= Beginning of Section =

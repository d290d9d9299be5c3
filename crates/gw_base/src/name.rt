// A short name in place.
ghost use Rattle.std.specs.Prelude.{◌≡◌, ◌≤◌, ℕ, List, length, All};
ghost use Rattle.gw_base.specs.Names.{is_ascii};

use std::marker::Model;

/// The most bytes of a name.
const CAPACITY: usize = 64;

/// At most 64 bytes of ASCII, held in place. A contract sees them as their list.
#[derive(Drop)]
pub struct Name {
    bytes: [u8; CAPACITY],
    len: u8,
}

impl Model for Name {
    ghost use Rattle.std.specs.Prelude.{ℕ, List, take, ◌≤◌};

    ghost Value = { List ℕ };

    ghost view = { λ n. take n.len n.bytes };

    ghost invariant = { λ n. n.len ≤ 64 };
}

impl Name {
    /// The name of these bytes, without memory.
    pub fn of(text: &str) -> Self
        requires ascii { is_ascii text.now }
        requires short { length text.now ≤ 64 }
        ensures { result ≡ text.now }
    {
        let mut bytes = [0; CAPACITY];
        bytes[..text.len()].copy_from_slice(text.as_bytes());
        Name {
            bytes,
            len: text.len() as u8,
        }
    }

    /// Its bytes.
    pub fn as_bytes(&self) -> &[u8]
        ensures { result.now ≡ self.now }
    {
        &self.bytes[..self.len as usize]
    }
}
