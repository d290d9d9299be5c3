// The items of a list, and the members of an object.
ghost use Rattle.std.specs.Prelude.{◌≡◌, length, None, Some, MatchOption, slice_get};
ghost use Rattle.json_subset.specs.Documents.{IsPart, form, part};
ghost use Rattle.policy_core.specs.Replies.{entries, items};

use json_subset::{Doc, Kind, NodeId};

/// How many items a list has; another value has none.
pub fn item_count(doc: &Doc, node: NodeId) -> u32
    requires { IsPart doc.now node }
    ensures { result ≡ length (items (form (part doc.now node))) }
{
    match doc.kind(node) {
        Kind::List(count) => count,
        Kind::Null
        | Kind::Bool(_)
        | Kind::Whole(_)
        | Kind::Decimal
        | Kind::Wide
        | Kind::Text
        | Kind::Object(_) => 0,
    }
}

/// How many members an object has; another value has none.
pub fn entry_count(doc: &Doc, node: NodeId) -> u32
    requires { IsPart doc.now node }
    ensures { result ≡ length (entries (form (part doc.now node))) }
{
    match doc.kind(node) {
        Kind::Object(count) => count,
        Kind::Null
        | Kind::Bool(_)
        | Kind::Whole(_)
        | Kind::Decimal
        | Kind::Wide
        | Kind::Text
        | Kind::List(_) => 0,
    }
}

/// The item of a list at this place.
pub fn item(doc: &Doc, node: NodeId, i: u32) -> Option<NodeId>
    requires { IsPart doc.now node }
    ensures { MatchOption result (slice_get (items (form (part doc.now node))) i ≡ None) (λ k. IsPart doc.now k × (slice_get (items (form (part doc.now node))) i ≡ Some (part doc.now k))) }
{
    match doc.item(node, i) {
        Some(item) => Some(item),
        None => None,
    }
}

/// The member of an object at this place: its name and its value.
pub fn entry(doc: &Doc, node: NodeId, i: u32) -> Option<(&str, NodeId)>
    requires { IsPart doc.now node }
    ensures { MatchOption result (slice_get (entries (form (part doc.now node))) i ≡ None) (λ p. IsPart doc.now p.1 × (slice_get (entries (form (part doc.now node))) i ≡ Some (p.0.now, part doc.now p.1))) }
{
    match doc.entry(node, i) {
        Some(entry) => Some(entry),
        None => None,
    }
}
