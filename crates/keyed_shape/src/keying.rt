//! The fields of keys, and those of the columns that no key names.

ghost use Rattle.std.specs.Prelude.{◌≡◌, ◌<◌, ◌^◌, ◌++◌, not, length, map, true, IfOk, OnOk};
ghost use Rattle.std.specs.List.{filter};
ghost use Rattle.ds_schema.specs.Rows.{cols};
ghost use Rattle.op_base.specs.Columns.{all_columns, is_in};
ghost use Rattle.shape_base.specs.Fields.{field_at};
ghost use Rattle.shape_base.specs.Naming.{has_column, key_columns};
ghost use Rattle.keyed_shape.specs.Keyed.{field_named, nullable_if, is_key, other_columns, other_fields};

use ds_schema::Field;
use ds_value::{Copied, Items, Kind, Name, NoMemory};
use shape_base::naming::{column, place_of};
use std::alloc::Global;

/// The field of that name, which is there.
pub fn field_named<'a>(fields: &'a [Field], name: &Name) -> &'a Field
    requires { has_column fields.now name.now ≡ true }
    ensures { result.now ≡ field_named fields.now name.now }
{
    match place_of(fields, name) {
        Some(at) => &fields[at],
        None => unreachable!(),
    }
}

/// Whether the field of that name may be null; so may one that isn't there.
pub fn is_nullable(fields: &[Field], name: &Name) -> bool
    ensures { result ≡ (field_named fields.now name.now).nullable }
{
    match place_of(fields, name) {
        Some(at) => fields[at].nullable,
        None => true,
    }
}

/// The kind of the field of that name; of one that isn't there a date.
pub fn kind_of(fields: &[Field], name: &Name) -> Kind
    ensures { result ≡ (field_named fields.now name.now).kind }
{
    match place_of(fields, name) {
        Some(at) => fields[at].kind,
        None => Kind::Date,
    }
}

/// A copy of the field that may also be null where the test holds.
pub fn nullable_if(test: bool, field: &Field) -> Result<Field, NoMemory>
    ensures { IfOk result (λ copy. copy ≡ nullable_if test field.now) }
{
    Ok(Field {
        name: field.name.copied()?,
        nullable: field.nullable || test,
        kind: field.kind,
    })
}

pub fn is_key(key: &[(Name, bool)], name: &Name) -> bool
    ensures { result ≡ is_key key.now name.now }
{
    key.iter().any(|part| part.0.as_slice() == name.as_slice())
}

fn columns_of(alloc: Global, key: &[(Name, bool)], fields: &[Field]) -> Result<Vec<u32>, NoMemory>
    requires { length fields.now < 2 ^ 32 }
    ensures { IfOk result (λ found. found.items ≡ cols (key_columns fields.now key.now)) }
{
    let mut found = Vec::new(alloc);
    for (name, _) in key {
        found.push(column(fields, name))?;
    }
    Ok(found)
}

/// The columns that no key names.
pub fn other_columns(
    alloc: Global,
    key: &[(Name, bool)],
    fields: &[Field],
) -> Result<Items<u32>, NoMemory>
    requires { length fields.now < 2 ^ 32 }
    ensures { IfOk result (λ found. found ≡ other_columns key.now fields.now) }
{
    let columns = columns_of(alloc, key, fields)?;
    let mut found = Items::new(alloc);
    for i in 0..fields.len() as u32 {
        if !columns.contains(&i) {
            found.push(i)?;
        }
    }
    Ok(found)
}

/// Appends the fields but those in these columns; they may also be null where the test holds.
fn push_rest(
    made: &mut Vec<Field>,
    columns: &[u32],
    test: bool,
    fields: &[Field],
) -> Result<(), NoMemory>
    requires { length fields.now < 2 ^ 32 }
    ensures { OnOk result (made.new.items ≡ made.old.items ++ map (nullable_if test) (map (field_at fields.now) (filter (λ c. not (is_in c columns.now)) (all_columns (length fields.now))))) }
{
    for (i, field) in fields.iter().enumerate() {
        if !columns.contains(&(i as u32)) {
            made.push(nullable_if(test, field)?)?;
        }
    }
    Ok(())
}

/// Appends the fields that no key names; they may also be null where the test holds.
pub fn push_others(
    alloc: Global,
    made: &mut Vec<Field>,
    key: &[(Name, bool)],
    test: bool,
    fields: &[Field],
) -> Result<(), NoMemory>
    requires { length fields.now < 2 ^ 32 }
    ensures { OnOk result (made.new.items ≡ made.old.items ++ map (nullable_if test) (other_fields key.now fields.now)) }
{
    let columns = columns_of(alloc, key, fields)?;
    push_rest(made, columns.as_slice(), test, fields)
}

= End of Section =

● **Aim of the task**
What you give back must match the material exactly, beginning with its first line and ending with the line holding "bytes of a name.".

● **Solution for this task**
repository d290d9d9299be5c3
filename crates/gw_base/src/name.rt
// A short name in place.
ghost use Rattle.std.specs.Prelude.{◌≡◌, ◌≤◌, ℕ, List, length, All};
ghost use Rattle.gw_base.specs.Names.{is_ascii};

use std::marker::Model;

/// The most bytes of a name.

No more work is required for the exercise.